Your Quintessential 90’s Boy

He was your quintessential 90’s boy. He wore torn denim pants and a black shirt with “Furniture” printed on it in yellow letters. A week’s length of dark brown hair poked out on different locations on his face. His eyes had the squint that defied the very light of the sun itself. He was chewing a gum from yesterday. He was not tattooed, but he had his right hand in the left back pocket of his jeans. Presently he took it out only to pick and elongate by pulling out one end, while holding down between his semi-crooked teeth the other, his expired gum. He put the gum back to his mouth and faced the setting sun, still wearing that defiant squint. He mumbled a promise only he could hear, stretched out the sleeves of his shirt, and walked into the 24-hour convenience store.
    This story took place in Wamahoo County, in the heart of America’s heartland. The name of the 24-hour convenience store will be kept from the knowledge of the general public, but the name of the attendant present that afternoon won’t. The attendant’s name was Lester. He was around the same age as our quintessential 90’s boy.

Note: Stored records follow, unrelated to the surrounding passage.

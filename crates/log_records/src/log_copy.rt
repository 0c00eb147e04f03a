// Puts a copy of a log into another machine's files, which are those of a new store.
ghost use Rattle.std.specs.Prelude.{◌≡◌, ◌≢◌, ◌<◌, ◌≤◌, ◌+◌, ◌^◌, [], List, IfErr, IfOk, OnOk, option_copied};
ghost use Rattle.disk_model.specs.Disk.{Any, In, IsSettledIn, Rises, Runs, Same, Stays};
ghost use Rattle.disk_model.specs.declared.machine.FileNo.TheVariants.{LogB};
ghost use Rattle.formats.specs.Reading.{FailsBy, TellsDamage};
ghost use Rattle.formats.specs.Records.{IsRecordLog, records_of};
ghost use Rattle.formats.specs.declared.record.Record.{Record};
ghost use Rattle.log_blocks.specs.Creating.{IsNewLog};
ghost use Rattle.log_records.specs.Laying.{room_of};
ghost use Rattle.log_records.specs.Loading.{IsTailFault};
ghost use Rattle.log_records.specs.LogCopy.{copied_length, CopyFails, CopyFindsDamage, HasLast, HoldsCopy, IsCopyLength, IsCopyPlanned, IsCopyWithin, IsTooLong};
ghost use Rattle.log_records.specs.Measured.{IsMeasured};
ghost use Rattle.log_records.specs.RecordLog.{Keeps};
ghost use Rattle.log_records.specs.declared.copy_err.CopyErr.TheVariants as of_copy;

use crate::RecordLog;
use crate::copy_err::CopyErr;
use crate::measured::Measured;
use crate::measuring::{checkpoint_length, measure};
use crate::new_log::NewLog;
use crate::planning::{MAX_BLOCKS, file_length};
use dirty_page_table::{DirtyPageTable, Starts};
use disk_model::{FileNo, Machine};
use formats::{MAX_LOG, ReadErr, Record};
use log_blocks::LogWriter;
use oper_core::{Bounds, Oper};
use std::alloc::Global;

// The checkpoint that a copy has where it has nothing else, counted into its block: one without redo starts.
fn count_last<O: Oper>(alloc: Global, base: u64, so_far: &mut Measured) -> Option<Record<O>>
    ensures { (b : Bounds) (records : List (Record O)) → IsMeasured (O.meaning b) base records so_far.old → HasLast (O.meaning b) base records so_far.new result }
{
    if so_far.filled > 0 {
        return None;
    }
    let table = DirtyPageTable {
        next: base,
        starts: Starts::new(Vec::new(alloc)),
    };
    so_far.filled = checkpoint_length(&table);
    Some(Record::Checkpoint(table))
}

impl<O: Oper> RecordLog<O> {
    // What the copy of this log will be, and the checkpoint that comes last in it, if one does.
    fn measure_copy<M: Machine>(&self, m: &mut M) -> Result<(NewLog, Option<Record<O>>), ReadErr>
        ensures kept { Stays (M.disk m.old) (M.disk m.new) }
        ensures planned { IfOk result (λ it. IsCopyPlanned (O.meaning self.now.bounds) (M.disk m.new) self.now.log it.0 it.1) }
        ensures fits { IfOk result (λ it. 34 + room_of it.0.lengths.items < 2 ^ 63) }
        ensures undamaged { (M.disk m.old).tells_files → (stable pending : List (Record O)) → Keeps (O.meaning self.now.bounds) (M.disk m.old) self.now stable pending
            → IfErr result (λ e. TellsDamage e → ⊥) }
        ensures cause { IfErr result (FailsBy (Rises (M.disk m.old).disk_faults (M.disk m.new).disk_faults)
            (IsTailFault (O.meaning self.now.bounds) (M.disk m.new) self.now.log)) }
    {
        let base = self.log.base();
        let mut it = measure::<O, M>(self.alloc, m, self.bounds, &self.log, base)?;
        let last = count_last(self.alloc, base, &mut it);
        it.full.push(it.filled)?;
        if it.full.len() > MAX_BLOCKS {
            return Err(ReadErr::Memory);
        }
        let new = NewLog {
            commands: self.log.commands(),
            lengths: it.full,
        };
        Ok((new, last))
    }

    // The same, where a file has room for it.
    fn plan_copy<M: Machine>(&self, m: &mut M) -> Result<(NewLog, Option<Record<O>>), CopyErr>
        ensures kept { Stays (M.disk m.old) (M.disk m.new) }
        ensures planned { IfOk result (λ it. IsCopyPlanned (O.meaning self.now.bounds) (M.disk m.new) self.now.log it.0 it.1) }
        ensures fits { IfOk result (λ it. 34 + room_of it.0.lengths.items ≤ 2 ^ 48) }
        ensures within { OnOk result (IsCopyWithin (O.meaning self.now.bounds) (M.disk m.old) self.now) }
        ensures undamaged { (M.disk m.old).tells_files → (stable pending : List (Record O)) → Keeps (O.meaning self.now.bounds) (M.disk m.old) self.now stable pending
            → IfErr result (λ e. CopyFindsDamage e → ⊥) }
        ensures cause { IfErr result (CopyFails (Rises (M.disk m.old).disk_faults (M.disk m.new).disk_faults) ⊥ (IsTailFault (O.meaning self.now.bounds) (M.disk m.new) self.now.log)
            (IsTooLong self.now.log (IsCopyLength (O.meaning self.now.bounds) (M.disk m.old) self.now))) }
    {
        let (new, last) = self.measure_copy(m)?;
        let need = file_length(&new.lengths);
        if need > MAX_LOG {
            return Err(CopyErr::LogFull {
                used: self.log.used(),
                need,
                limit: MAX_LOG,
            });
        }
        Ok((new, last))
    }

    // Puts the copy that was planned into the target's log B.
    fn put_copy<M: Machine, T: Machine>(
        &self,
        m: &mut M,
        target: &mut T,
        new: NewLog,
        last: Option<&Record<O>>,
        out: &mut LogWriter,
    ) -> Result<(), CopyErr>
        requires planned { IsCopyPlanned (O.meaning self.now.bounds) (M.disk m.old) self.now.log new (option_copied last) }
        requires fits { 34 + room_of new.lengths.items ≤ 2 ^ 48 }
        requires out { out.old ≡ record { file = LogB; place = 1; bytes = [] } }
        ensures kept { Stays (M.disk m.old) (M.disk m.new) }
        ensures runs { Runs (In LogB Any) Same (T.disk target.old) (T.disk target.new) }
        ensures copied { (M.disk m.old).tells_files → (T.disk target.old).tells_files → IsNewLog (T.disk target.old).reads → (groups : List (List (Record O))) → IsRecordLog (O.meaning self.now.bounds) self.now.log.header groups ((M.disk m.old).reads self.now.log.active)
            → OnOk result (HoldsCopy (O.meaning self.now.bounds) self.now.log (records_of groups) (T.disk target.new).reads) }
        ensures settled { OnOk result (IsSettledIn LogB (T.disk target.new)) }
        ensures refused { (T.disk target.old).tells_files → IsNewLog (T.disk target.old).reads → IfErr result (λ e. e ≢ of_copy.TargetFault → IsNewLog (T.disk target.new).reads) }
        ensures cause { IfErr result (CopyFails (Rises (M.disk m.old).disk_faults (M.disk m.new).disk_faults) (Rises (T.disk target.old).disk_faults (T.disk target.new).disk_faults)
            (IsTailFault (O.meaning self.now.bounds) (M.disk m.new) self.now.log) (λ u n l. ⊥)) }
    {
        out.close_header(target)?;
        out.begin_second(target, self.log.base(), self.log.commands())?;
        self.copy_into(m, target, last, new, out)?;
        out.finish(target)?;
        out.open_header(target)?;
        Ok(())
    }

    /// Puts a copy of this log into another machine, whose log files are those of a new store: log B becomes the second log
    /// of that store, with this log's base and as many commands before it. It has all stable commands and identity writes,
    /// in blocks each as full as whole records allow, and no checkpoint; where there are none it has one checkpoint, without redo
    /// starts. The copy counts once it is whole. Nothing changes on this log's machine, where the log is read twice. No more
    /// than one record and 64 KiB of the copy are in memory at a time. After any error but `TargetFault` the call may be
    /// made again.
    pub fn copy_to<M: Machine, T: Machine>(&self, m: &mut M, target: &mut T) -> Result<(), CopyErr>
        ensures kept { Stays (M.disk m.old) (M.disk m.new) }
        ensures runs { Runs (In LogB Any) Same (T.disk target.old) (T.disk target.new) }
        ensures copied { (M.disk m.old).tells_files → (T.disk target.old).tells_files → IsNewLog (T.disk target.old).reads → (stable pending : List (Record O)) → Keeps (O.meaning self.now.bounds) (M.disk m.old) self.now stable pending
            → OnOk result (HoldsCopy (O.meaning self.now.bounds) self.now.log stable (T.disk target.new).reads) }

        // A crash after it leaves the copy.
        ensures settled { OnOk result (IsSettledIn LogB (T.disk target.new)) }

        ensures refused { (T.disk target.old).tells_files → IsNewLog (T.disk target.old).reads → IfErr result (λ e. e ≢ of_copy.TargetFault → IsNewLog (T.disk target.new).reads) }
        ensures within { OnOk result (IsCopyWithin (O.meaning self.now.bounds) (M.disk m.old) self.now) }

        // Where the copy would be too long the target is not touched.
        ensures long { (M.disk m.old).tells_files → (stable pending : List (Record O)) → Keeps (O.meaning self.now.bounds) (M.disk m.old) self.now stable pending
            → 2 ^ 48 < copied_length (O.meaning self.now.bounds) self.now.log stable → target.new ≡ target.old }

        ensures undamaged { (M.disk m.old).tells_files → (stable pending : List (Record O)) → Keeps (O.meaning self.now.bounds) (M.disk m.old) self.now stable pending
            → IfErr result (λ e. CopyFindsDamage e → ⊥) }
        ensures cause { IfErr result (CopyFails (Rises (M.disk m.old).disk_faults (M.disk m.new).disk_faults) (Rises (T.disk target.old).disk_faults (T.disk target.new).disk_faults)
            (IsTailFault (O.meaning self.now.bounds) (M.disk m.new) self.now.log) (IsTooLong self.now.log (IsCopyLength (O.meaning self.now.bounds) (M.disk m.old) self.now))) }
    {
        let (new, last) = self.plan_copy(m)?;
        let mut out = LogWriter::new(self.alloc, FileNo::LogB)?;
        self.put_copy(m, target, new, last.as_ref(), &mut out)?;
        Ok(())
    }
}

He also had five days’ growth of unshaved facial hair, and was also chewing gum. Whether or not the gum was expired, however, is made less of a question by the presence of an empty wrapper of Wrigley’s™ gum on top of his counter. What remained a question was whether or not it was actually paid.
    He greeted his only customer for the afternoon, our quintessential 90’s boy, with a courteous bow, and the question: “How may I be of any help whatsoever?”

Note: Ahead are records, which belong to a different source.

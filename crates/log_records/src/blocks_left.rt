// What a new log gets still: so many bytes in the block in hand, and the blocks of these lengths from the next one on.
#[derive(Drop)]
pub struct BlocksLeft {
    pub left: u32,
    pub lengths: Vec<u32>,
    pub next: usize,
}
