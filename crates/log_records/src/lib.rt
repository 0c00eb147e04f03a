//! The log's records: commands, identity writes and checkpoints, as bytes and as a log.
//!
//! The one contract is [`RecordLog`]: commands and identity writes have consecutive LSNs, and a checkpoint names the one that
//! comes next. An append adds exactly one record, a force makes all of them stable or leaves those that were, and a rewrite
//! puts the records with an LSN from a base on, and a checkpoint, in the place of the log, or leaves the old one: it reads the log
//! twice, and has one record in memory at a time. A copy puts all records with an LSN into the log of a new store on another
//! machine in the same way. A [`LsnReader`] gives the records with an LSN one by one, a [`BlockReader`] those of one block
//! after the other, as bytes. A command's code may be made before it is added, which then takes no memory. Below it stands
//! the codec: a record is decoded exactly where the bytes begin with the code of one in the grammar, and no code is another's
//! beginning. The crate depends on log_blocks, whose blocks hold the records, on formats, whose grammar this is, on
//! dirty_page_table for the tables, on oper_core for the operations, on the machines of disk_model, and on byteorder for the LSNs
//! in the bytes.
#![tactic(auto)]

mod block_reader;
mod blocks_left;
mod codec;
mod copy_err;
mod copying;
mod counted;
mod encoding;
mod forcing;
mod loading;
mod log_copy;
mod lsn_reader;
mod measured;
mod measuring;
mod new_log;
mod placing;
mod planning;
mod put_err;
mod record_log;
mod record_reader;
mod rewrite_err;
mod rewriting;
mod stable;

pub use block_reader::BlockReader;
pub use codec::{decode, encode, one_record};
pub use copy_err::CopyErr;
pub use encoding::EncodedCommand;
pub use lsn_reader::LsnReader;
pub use record_log::RecordLog;
pub use rewrite_err::RewriteErr;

    Our quintessential 90’s boy ignored him. Our quintessential 90’s boy ignored everything. He entered the 24-hour convenience store with one—and only one—purpose in mind, and he believed he could carry it out without help from anyone, especially from some 24-hour convenience store attendant around his age.
    He swivelled his upper body around, scanning the signs hanging on the ceilings describing the goods available on their respective aisles, for the item he was looking for. It took him awhile, but when he spotted the sign that said “Bread and Pastries,” he exclaimed, “Aha!” that almost gave Lester, the attendant, a heart attack.

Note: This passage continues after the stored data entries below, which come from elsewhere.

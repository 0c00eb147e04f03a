// Records as bytes.
ghost use Rattle.std.specs.Prelude.{◌≡◌, ◌<◌, ◌≤◌, ◌^◌, ◌↔◌, ◌∷◌, ◌++◌, List, ℕ, IsTrue, IfNone, IfOk, IfSome, OnErr, OnOk, length, take, slice_index};
ghost use Rattle.byteorder.specs.Endian.{little_bytes};
ghost use Rattle.oper_core.specs.Meaning.{IsSmall};
ghost use Rattle.oper_core.specs.declared.bounds.Bounds.{Bounds};
ghost use Rattle.formats.specs.Records.{record_code};
ghost use Rattle.formats.specs.declared.record.Record.{Record};
ghost use Rattle.log_records.specs.Codec.{IsEncodable, StartsWithRecord};

use byteorder::{ByteOrder, LittleEndian};
use formats::{IDENTITY_HEAD, RECORD_HEAD, Record};
use oper_core::{Bounds, ByteList, Memory, Oper};
use std::alloc::Global;

const COMMAND: u8 = 1;

const IDENTITY: u8 = 2;

const CHECK: u8 = 3;

/// Appends a record's code. Without memory for it the bytes stay as they are.
pub fn encode<O: Oper>(record: &Record<O>, out: &mut Vec<u8>) -> Result<(), Memory>
    requires { IsEncodable O.meaning «record».now }
    ensures ok { (b : Bounds) → OnOk result (out.new.items ≡ out.old.items ++ record_code (O.meaning b) «record».now) }
    ensures err { OnErr result (out.new.items ≡ out.old.items) }
{
    let length = out.len();
    let written = append(record, out);
    if written.is_err() {
        out.truncate(length);
    }
    written
}

// The same, but a part of the code may stay after the bytes.
fn append<O: Oper>(record: &Record<O>, out: &mut Vec<u8>) -> Result<(), Memory>
    requires { IsEncodable O.meaning «record».now }
    ensures ok { (b : Bounds) → OnOk result (out.new.items ≡ out.old.items ++ record_code (O.meaning b) «record».now) }
    ensures err { OnErr result (take (length out.old.items) out.new.items ≡ out.old.items) }
{
    match record {
        Record::Command(lsn, op) => push_command(*lsn, op, out)?,
        Record::Identity(lsn, object, value) => {
            append_identity(*lsn, *object, value.as_slice(), out)?
        }
        Record::Checkpoint(table) => {
            out.push(CHECK)?;
            dirty_page_table::encode(table, out)?
        }
    }
    Ok(())
}

/// Appends the code of a command's record. Without memory a part of it may stay after the bytes.
pub(crate) fn push_command<O: Oper>(lsn: u64, op: &O, out: &mut Vec<u8>) -> Result<(), Memory>
    requires { IsEncodable O.meaning (Record.Command lsn op.now) }
    ensures ok { (b : Bounds) → OnOk result (out.new.items ≡ out.old.items ++ record_code (O.meaning b) (Record.Command lsn op.now)) }
    ensures err { OnErr result (take (length out.old.items) out.new.items ≡ out.old.items) }
{
    out.push(COMMAND)?;
    out.extend_from_slice(&lsn.to_le_bytes())?;
    op.encode(out)?;
    Ok(())
}

fn append_identity(lsn: u64, object: u32, value: &[u8], out: &mut Vec<u8>) -> Result<(), Memory>
    requires { length value.now < 2 ^ 32 }
    ensures ok { OnOk result (out.new.items ≡ out.old.items ++ (2 ∷ (little_bytes 8 lsn ++ (little_bytes 4 object ++ (little_bytes 4 (length value.now) ++ value.now))))) }
    ensures err { OnErr result (take (length out.old.items) out.new.items ≡ out.old.items) }
{
    out.push(IDENTITY)?;
    out.extend_from_slice(&lsn.to_le_bytes())?;
    out.extend_from_slice(&object.to_le_bytes())?;
    out.extend_from_slice(&(value.len() as u32).to_le_bytes())?;
    out.extend_from_slice(value)?;
    Ok(())
}

/// The record whose code the bytes begin with, and the code's length; none exactly where they begin with no code of
/// the grammar for these bounds.
pub fn decode<O: Oper>(
    alloc: Global,
    b: Bounds,
    bytes: &[u8],
) -> Result<Option<(Record<O>, usize)>, Memory>
    ensures some { IfOk result (λ found. IfSome found (λ pair.
        StartsWithRecord (O.meaning b) bytes.now pair.0 × (pair.1 ≡ length (record_code (O.meaning b) pair.0)))) }
    ensures none { IfOk result (λ found. IfNone found ((other : Record O) → StartsWithRecord (O.meaning b) bytes.now other → ⊥)) }
{
    if bytes.len() == 0 {
        return Ok(None);
    }
    let kind = bytes[0];
    if kind == COMMAND {
        return decode_command(alloc, b, bytes);
    }
    if kind == IDENTITY {
        return decode_identity(alloc, b, bytes);
    }
    if kind == CHECK {
        return decode_checkpoint(alloc, b, bytes);
    }
    Ok(None)
}

// The same, where the bytes begin with the kind of a command.
fn decode_command<O: Oper>(
    alloc: Global,
    b: Bounds,
    bytes: &[u8],
) -> Result<Option<(Record<O>, usize)>, Memory>
    requires { slice_index bytes.now 0 ≡ 1 }
    ensures some { IfOk result (λ found. IfSome found (λ pair.
        StartsWithRecord (O.meaning b) bytes.now pair.0 × (pair.1 ≡ length (record_code (O.meaning b) pair.0)))) }
    ensures none { IfOk result (λ found. IfNone found ((other : Record O) → StartsWithRecord (O.meaning b) bytes.now other → ⊥)) }
{
    if bytes.len() < RECORD_HEAD {
        return Ok(None);
    }
    let lsn = LittleEndian::read_u64(&bytes[1..]);
    match O::decode(alloc, b, &bytes[RECORD_HEAD..])? {
        Some((op, length)) => Ok(Some((Record::Command(lsn, op), RECORD_HEAD + length))),
        None => Ok(None),
    }
}

// Whether the object is there, and a value of this length within the cap and within so many bytes.
fn is_within(b: Bounds, object: u32, length: u32, room: usize) -> bool
    ensures { IsTrue result ↔ ((object < b.objects) × (length ≤ b.cap) × (length ≤ room)) }
{
    object < b.objects && length <= b.cap && length as usize <= room
}

// The same, where they begin with the kind of an identity write.
fn decode_identity<O: Oper>(
    alloc: Global,
    b: Bounds,
    bytes: &[u8],
) -> Result<Option<(Record<O>, usize)>, Memory>
    requires { slice_index bytes.now 0 ≡ 2 }
    ensures some { IfOk result (λ found. IfSome found (λ pair.
        StartsWithRecord (O.meaning b) bytes.now pair.0 × (pair.1 ≡ length (record_code (O.meaning b) pair.0)))) }
    ensures none { IfOk result (λ found. IfNone found ((other : Record O) → StartsWithRecord (O.meaning b) bytes.now other → ⊥)) }
{
    if bytes.len() < IDENTITY_HEAD {
        return Ok(None);
    }
    let lsn = LittleEndian::read_u64(&bytes[1..]);
    let object = LittleEndian::read_u32(&bytes[9..]);
    let length = LittleEndian::read_u32(&bytes[13..]);
    let behind = &bytes[IDENTITY_HEAD..];
    if !is_within(b, object, length, behind.len()) {
        return Ok(None);
    }
    let value = behind[..length as usize].to_vec(alloc)?;
    let found = Record::Identity(lsn, object, ByteList::new(value));
    Ok(Some((found, IDENTITY_HEAD + length as usize)))
}

// The same, where they begin with the kind of a checkpoint.
fn decode_checkpoint<O: Oper>(
    alloc: Global,
    b: Bounds,
    bytes: &[u8],
) -> Result<Option<(Record<O>, usize)>, Memory>
    requires some { 0 < length bytes.now }
    requires kind { slice_index bytes.now 0 ≡ 3 }
    ensures some { IfOk result (λ found. IfSome found (λ pair.
        StartsWithRecord (O.meaning b) bytes.now pair.0 × (pair.1 ≡ length (record_code (O.meaning b) pair.0)))) }
    ensures none { IfOk result (λ found. IfNone found ((other : Record O) → StartsWithRecord (O.meaning b) bytes.now other → ⊥)) }
{
    match dirty_page_table::decode(alloc, &bytes[1..])? {
        Some((table, length)) => Ok(Some((Record::Checkpoint(table), 1 + length))),
        None => Ok(None),
    }
}

/// Bytes begin with the code of at most one record, so no code is the beginning of another's.
pub fn one_record<O: Oper>()
    ensures { (b : Bounds) (bytes : List ℕ) (first second : Record O) → IsSmall b → StartsWithRecord (O.meaning b) bytes first → StartsWithRecord (O.meaning b) bytes second → first ≡ second }
{}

    Lester wasn’t a very healthy boy. He was one boy who more often than not on medical diagnoses would be described by the diagnosing physician as being unhealthy. Very few qualities of a sound health could be found contained within his physical body. He wasn’t a boy any sensible staffing officer would think of entrusting a responsibility that requires good health. He wouldn’t as a matter of fact, have been accepted to work for the 24-hour convenience store he was working in if not for his clever uncle, who doctored the results of his medical evaluation, declaring him instead to be “as a matter of fact, a very healthy human being.”
    This wasn’t the first time a job-related incident had almost caused Lester his life. Around two weeks prior to the events described in this account, Lester was unloading a fresh supply of canned vegetables when suddenly, he felt dizzy, and in a cautious, step-by-step manner of collapsing—first on his knees, until finally he was lying on his side—he dropped to the floor with tens of cans of canned vegetables. Co-workers rushed to his aid, many of them convinced that Lester was having a physical breakdown.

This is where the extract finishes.